_The task:_ Examine the listing below and state how many of its lines contain the word "lands". Write only the number.

_Supplied information:_
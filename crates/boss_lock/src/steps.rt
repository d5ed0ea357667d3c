// The steps of a turn. Between two of them a seat is not at rest, so they work on its token.
ghost use Rattle.std.specs.Prelude.{◌≡◌, ℕ, ◌%◌, ◌^◌, ◌<◌, ◌≤◌, List, [], ◌∷◌, ◌++◌, length, Some, None};
ghost use mathlib.Core.List.{IsPrefix};
ghost use Rattle.boss_lock.specs.Places.{ArePlacesOf, IsLonger};
ghost use Rattle.boss_lock.specs.Steps.{ticket_of, list_of, waiting_view, turn_view, holding_view, given_view, passed_view, left_view, right_view, joined_view, compared_view, added_view, bare_view, set_down_view, folded_view, IsWaiting, HasTurn, IsHolding, HasGiven, StandsFor, IsOn, IsSameToken};
ghost use Rattle.boss_lock.specs.declared.view.Stage.TheVariants.{Idle};

use crate::bells::Bells;
use crate::plays::{
    Add, AllParts, Compare, Draw, Fold, GiveBack, Look, OnePart, PassOn, SetDown, Take, Telling,
};
use crate::view::{Board, Made, Stands, Token};
use boss_model::LOCK_LOOKS;
use std::hint::spin_loop;
use std::marker::Brand;
use std::sync::Wait;

// The word that has the next ticket to be drawn.
const TICKET: usize = 0;

// The word that has the ticket that is served.
const SERVING: usize = 1;

// The only slot, where the value lies while no seat has the turn.
const VALUE: usize = 0;

// Draws the next ticket, and returns it modulo 2^64.
fn draw<V: Stands>(board: &Board<V>, token: &mut Token<V>) -> u64
    requires own { IsOn board.now.table_id token.old }
    requires idle { (token.old.me.0.stage ≡ Idle) × (0 < token.old.me.0.parts) }
    ensures same { IsSameToken token.old token.new }
    ensures ticket { (t : ℕ) × (result ≡ t % 2 ^ 64) × (token.new.me ≡ (waiting_view token.old.me.0 t, token.old.me.1)) }
{
    board.fetch_add::<Draw>(token, TICKET, 1)
}

// Looks until the ticket is served. After a number of looks it sleeps between two of them, until the bell of
// its place in line is rung. It hears the bell before it looks, so that none is missed.
fn wait<V: Stands, R: Wait>(
    board: &Board<V>,
    bells: &Bells,
    rt: &R,
    token: &mut Token<V>,
    ticket: u64,
)
    requires own { IsOn board.now.table_id token.old }
    requires waiting { IsWaiting token.old.me.0 }
    requires ticket { ticket ≡ ticket_of token.old.me.0.stage % 2 ^ 64 }
    ensures same { IsSameToken token.old token.new }
    ensures history { IsPrefix token.old.me.0.seen (list_of token.new.me.0.stage) }
    ensures turn { token.new.me ≡ (turn_view token.old.me.0 (list_of token.new.me.0.stage), token.old.me.1) }
{
    let mut looks = 0;
    for _ in rt.forever() {
        let shown = bells.shown(ticket);
        let serving = board.load::<Look>(token, SERVING);
        if serving == ticket {
            return;
        }
        if looks < LOCK_LOOKS {
            looks += 1;
            spin_loop();
        } else {
            bells.sleep(rt, ticket, shown);
        }
    }
    unreachable!()
}

// Takes the value out of its slot.
fn take<V: Stands>(board: &Board<V>, token: &mut Token<V>) -> V
    requires own { IsOn board.now.table_id token.old }
    requires turn { HasTurn token.old.me.0 }
    requires start { (0 < token.old.me.0.parts) × (token.old.me.1 ≡ []) }
    ensures same { IsSameToken token.old token.new }
    ensures holding { token.new.me ≡ (holding_view token.old.me.0 (list_of token.old.me.0.stage), (VALUE, None) ∷ []) }
    ensures value { StandsFor V.stands result token.old.me.0 (list_of token.old.me.0.stage) }
{
    board.load::<Take>(token, SERVING);
    let slot = board.exchange(token, VALUE, None);
    let Some(value) = slot else { unreachable!() };
    value
}

// Waits for the turn, and takes the value out.
pub(crate) fn begin_turn<V: Stands, R: Wait>(
    board: &Board<V>,
    bells: &Bells,
    rt: &R,
    token: &mut Token<V>,
) -> V
    requires own { IsOn board.now.table_id token.old }
    requires idle { (token.old.me.0.stage ≡ Idle) × (token.old.me.1 ≡ []) }
    requires part { 0 < token.old.me.0.parts }
    ensures same { IsSameToken token.old token.new }
    ensures history { IsPrefix token.old.me.0.seen (list_of token.new.me.0.stage) }
    ensures holding { (t : ℕ) × (token.new.me ≡ (holding_view (waiting_view token.old.me.0 t) (list_of token.new.me.0.stage), (VALUE, None) ∷ [])) }
    ensures value { StandsFor V.stands result token.old.me.0 (list_of token.new.me.0.stage) }
{
    let ticket = draw(board, token);
    wait(board, bells, rt, token, ticket);
    take(board, token)
}

// Puts a value back for which a list stands that has the entries of `made` at its end.
fn give_back<V: Stands, M: Made<V>, J: Telling<V::Entry>>(
    board: &Board<V>,
    token: &mut Token<V>,
    value: V,
    made: &M,
)
    requires own { IsOn board.now.table_id token.old }
    requires holding { IsHolding token.old.me.0 }
    requires slot { (0 < token.old.me.0.parts) × (token.old.me.1 ≡ (VALUE, None) ∷ []) }
    requires told { J.told ≡ M.entries made.now }
    requires value { StandsFor V.stands value token.old.me.0 (list_of token.old.me.0.stage ++ M.entries made.now) }
    ensures same { IsSameToken token.old token.new }
    ensures given { token.new.me ≡ (given_view token.old.me.0 (M.entries made.now), []) }
{
    let _ = made;
    let empty = board.exchange(token, VALUE, Some(value));
    let None = empty else { unreachable!() };
    board.load::<GiveBack<J>>(token, SERVING);
}

// Serves the next ticket, and rings its bell where a seat has drawn it. A seat that draws it later finds it
// served.
fn pass_on<V: Stands>(board: &Board<V>, bells: &Bells, token: &mut Token<V>)
    requires own { IsOn board.now.table_id token.old }
    requires given { HasGiven token.old.me.0 }
    requires part { 0 < token.old.me.0.parts }
    ensures same { IsSameToken token.old token.new }
    ensures idle { token.new.me ≡ (passed_view token.old.me.0, token.old.me.1) }
    ensures places { ArePlacesOf token.new.me.0.places token.new.me.0.seen }
{
    let served = board.fetch_add::<PassOn>(token, SERVING, 1);
    let next = served.wrapping_add(1);
    if board.peek(TICKET) != next {
        bells.ring(next);
    }
}

// Puts a value back, and passes the turn on.
pub(crate) fn end_turn<V: Stands, M: Made<V>>(
    board: &Board<V>,
    bells: &Bells,
    token: &mut Token<V>,
    value: V,
    made: &M,
)
    requires own { IsOn board.now.table_id token.old }
    requires holding { IsHolding token.old.me.0 }
    requires slot { (0 < token.old.me.0.parts) × (token.old.me.1 ≡ (VALUE, None) ∷ []) }
    requires value { StandsFor V.stands value token.old.me.0 (list_of token.old.me.0.stage ++ M.entries made.now) }
    ensures same { IsSameToken token.old token.new }
    ensures passed { token.new.me ≡ (passed_view (given_view token.old.me.0 (M.entries made.now)), []) }
    ensures places { ArePlacesOf token.new.me.0.places token.new.me.0.seen }
{
    give_back::<V, M, Brand>(board, token, value, made);
    pass_on(board, bells, token);
}

// Whether the next ticket to be drawn is the one that is served.
pub(crate) fn is_next_served<V: Stands>(board: &Board<V>) -> bool
    requires own { board.now.table_id.words ≡ 2 }
{
    board.peek(SERVING) == board.peek(TICKET)
}

// Gives one part to a new seat.
pub(crate) fn divide<V: Stands>(board: &Board<V>, token: &mut Token<V>) -> Token<V>
    requires own { IsOn board.now.table_id token.old }
    requires idle { token.old.me.0.stage ≡ Idle }
    requires two_parts { 2 ≤ token.old.me.0.parts }
    ensures same { IsSameToken token.old token.new }
    ensures left { token.new.me ≡ (left_view token.old.me.0, token.old.me.1) }
    ensures right { (result.table_id ≡ token.old.table_id) × (result.me ≡ (right_view token.old.me.0, [])) }
{
    board.split_seat::<OnePart>(token)
}

// Takes in the parts and the places of another seat, and what it had seen, to be compared. A seat with
// the turn takes another along this way.
fn merge<V: Stands>(board: &Board<V>, token: &mut Token<V>, other: Token<V>)
    requires own { IsOn board.now.table_id token.old × IsOn board.now.table_id other }
    requires idle { (other.me.0.stage ≡ Idle) × (other.me.1 ≡ []) }
    requires compared { (token.old.me.0.other ≡ []) × (other.me.0.other ≡ []) }
    requires part { 0 < token.old.me.0.parts }
    ensures same { IsSameToken token.old token.new }
    ensures both { token.new.me ≡ (joined_view token.old.me.0 other.me.0, token.old.me.1) }
{
    board.join_seat::<AllParts>(token, other);
}

// Learns which of the two lists that the seat knows begins the other.
fn compare<V: Stands>(board: &Board<V>, token: &mut Token<V>)
    requires own { IsOn board.now.table_id token.old }
    ensures same { IsSameToken token.old token.new }
    ensures longer { token.new.me ≡ (compared_view token.old.me.0, token.old.me.1) }
    ensures histories { IsLonger token.old.me.0.seen token.old.me.0.other token.new.me.0.seen }
    ensures places { ArePlacesOf token.new.me.0.places token.new.me.0.seen }
{
    board.load::<Compare>(token, TICKET);
}

// Takes in another seat: its parts, its places, and the longer of the two beginnings of the history.
pub(crate) fn take_in<V: Stands>(board: &Board<V>, token: &mut Token<V>, other: Token<V>)
    requires own { IsOn board.now.table_id token.old × IsOn board.now.table_id other }
    requires idle { (token.old.me.0.stage ≡ Idle) × (other.me.0.stage ≡ Idle) × (other.me.1 ≡ []) }
    requires compared { (token.old.me.0.other ≡ []) × (other.me.0.other ≡ []) }
    requires part { 0 < token.old.me.0.parts }
    ensures same { IsSameToken token.old token.new }
    ensures both { token.new.me ≡ (compared_view (joined_view token.old.me.0 other.me.0), token.old.me.1) }
    ensures histories { IsLonger token.old.me.0.seen other.me.0.seen token.new.me.0.seen }
    ensures places { ArePlacesOf token.new.me.0.places token.new.me.0.seen }
{
    merge(board, token, other);
    compare(board, token);
}

// Adds the entries of `made` to the history, while the value is in the seat's hands.
fn add<V: Stands, M: Made<V>, J: Telling<V::Entry>>(
    board: &Board<V>,
    token: &mut Token<V>,
    made: &M,
)
    requires own { IsOn board.now.table_id token.old }
    requires holding { IsHolding token.old.me.0 }
    requires part { 0 < token.old.me.0.parts }
    requires told { J.told ≡ M.entries made.now }
    ensures same { IsSameToken token.old token.new }
    ensures added { token.new.me ≡ (added_view token.old.me.0 (M.entries made.now), token.old.me.1) }
    ensures history { IsPrefix token.old.me.0.other (list_of token.old.me.0.stage) }
    ensures places { ArePlacesOf token.new.me.0.places token.new.me.0.seen }
{
    let _ = made;
    board.load::<Add<J>>(token, SERVING);
}

// Sets down all but one part, and every place, in a new seat. The turn stays.
fn set_down<V: Stands>(board: &Board<V>, token: &mut Token<V>) -> Token<V>
    requires own { IsOn board.now.table_id token.old }
    requires compared { token.old.me.0.other ≡ [] }
    requires two_parts { 2 ≤ token.old.me.0.parts }
    ensures same { IsSameToken token.old token.new }
    ensures left { token.new.me ≡ (bare_view token.old.me.0, token.old.me.1) }
    ensures right { (result.table_id ≡ token.old.table_id) × (result.me ≡ (set_down_view token.old.me.0, [])) }
{
    board.split_seat::<SetDown>(token)
}

// Takes another seat along, adds the entries of `made` to the history, and sets the seat down with them.
pub(crate) fn lend_turn<V: Stands, M: Made<V>>(
    board: &Board<V>,
    token: &mut Token<V>,
    other: Token<V>,
    made: &M,
) -> Token<V>
    requires own { IsOn board.now.table_id token.old × IsOn board.now.table_id other }
    requires holding { IsHolding token.old.me.0 }
    requires idle { (other.me.0.stage ≡ Idle) × (other.me.1 ≡ []) }
    requires compared { (token.old.me.0.other ≡ []) × (other.me.0.other ≡ []) }
    requires parts { (0 < token.old.me.0.parts) × (0 < other.me.0.parts) }
    ensures same { IsSameToken token.old token.new }
    ensures own { token.new.me ≡ (bare_view (added_view (joined_view token.old.me.0 other.me.0) (M.entries made.now)), token.old.me.1) }
    ensures history { IsPrefix other.me.0.seen (list_of token.old.me.0.stage) }
    ensures other { (result.table_id ≡ token.old.table_id) × (result.me ≡ (set_down_view (added_view (joined_view token.old.me.0 other.me.0) (M.entries made.now)), [])) }
    ensures places { ArePlacesOf result.me.0.places result.me.0.seen }
{
    merge(board, token, other);
    add::<V, M, Brand>(board, token, made);
    set_down(board, token)
}

// Takes the parts of another seat, and nothing else of it.
pub(crate) fn fold<V: Stands>(board: &Board<V>, token: &mut Token<V>, other: Token<V>)
    requires own { IsOn board.now.table_id token.old × IsOn board.now.table_id other }
    requires idle { (other.me.0.stage ≡ Idle) × (other.me.1 ≡ []) }
    requires no_places { other.me.0.places ≡ [] }
    requires part { 0 < token.old.me.0.parts }
    ensures same { IsSameToken token.old token.new }
    ensures both { token.new.me ≡ (folded_view token.old.me.0 other.me.0, token.old.me.1) }
{
    board.join_seat::<Fold>(token, other);
}
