//! A journal over a cluster in memory: each record is one commit.

ghost use Rattle.std.specs.Prelude.{◌≤◌};

use crate::disk::disk_over;
use boss_cluster::{ClusterDisk, MemoryCluster};
use boss_journal::{Appended, Journal, NextRecord};
use boss_model::Buffer;
use std::alloc::Global;
use std::process::Abort;
use std::test::Fail;

/// The digest of a catalogue.
const DIGEST: [u8; 32] = [7; 32];

/// The commits that make a new journal: one of the first sync, and three of its front.
const MAKING: u64 = 4;

/// Makes a journal on an empty cluster and appends two records, up to the first fault: how many were appended, and what the cluster holds
/// then. The commit of this number is not answered.
fn run(alloc: Global, fails: u64, lands: bool) -> Result<(u64, Vec<u8>), Fail> {
    let disk = disk_over(alloc, &[], &[fails], lands)?;
    let Ok(mut journal) = Journal::open(disk, &DIGEST) else {
        return Err(Fail::new("a journal that opens"));
    };
    if journal.ready().is_err() {
        return Err(Fail::new("a journal that is ready"));
    }
    let mut appended: u64 = 0;
    if journal.append(b"one") == Appended::Done {
        appended = 1;
        if journal.append(b"two") == Appended::Done {
            appended = 2;
        }
    }
    Ok((appended, journal.close().close().into_contents()))
}

/// How many records of these two a cluster with these bytes has.
fn records<R: Abort>(rt: &R, alloc: Global, held: &[u8]) -> Result<u64, Fail> {
    if held.len() > 1_000 {
        return Err(Fail::new("a short journal"));
    }
    let mut into = Buffer::new(alloc, 65_536)?;
    let Ok(mut journal) = Journal::open(disk_over(alloc, held, &[], false)?, &DIGEST) else {
        return Err(Fail::new("a journal that opens again"));
    };
    Ok(count(rt, &mut journal, &mut into))
}

/// Reads what is left of the two records; how many there are.
fn count<R: Abort>(
    rt: &R,
    journal: &mut Journal<ClusterDisk<MemoryCluster>>,
    into: &mut Buffer,
) -> u64
    requires { 65535 ≤ into.old.capacity }
{
    if journal.next(into) == NextRecord::Finish {
        return 0;
    }
    assert!(rt; into.bytes() == b"one".as_slice());
    if journal.next(into) == NextRecord::Finish {
        return 1;
    }
    assert!(rt; into.bytes() == b"two".as_slice());
    2
}

#[test]
fn a_record_is_one_commit(rt: HostRuntime) -> Result<(), Fail> {
    for (fails, lands, told, kept) in [
        (MAKING + 1, false, 0, 0),
        (MAKING + 1, true, 0, 1),
        (MAKING + 2, false, 1, 1),
        (MAKING + 2, true, 1, 2),
        (MAKING + 3, false, 2, 2),
    ] {
        let (appended, held) = run(rt.alloc(), fails, lands)?;
        assert_eq!(rt; appended, told, "commit {fails}");
        let left = records(&rt, rt.alloc(), held.as_slice())?;
        assert_eq!(rt; left, kept, "commit {fails}");
    }
    Ok(())
}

_Exercise solution:_ 4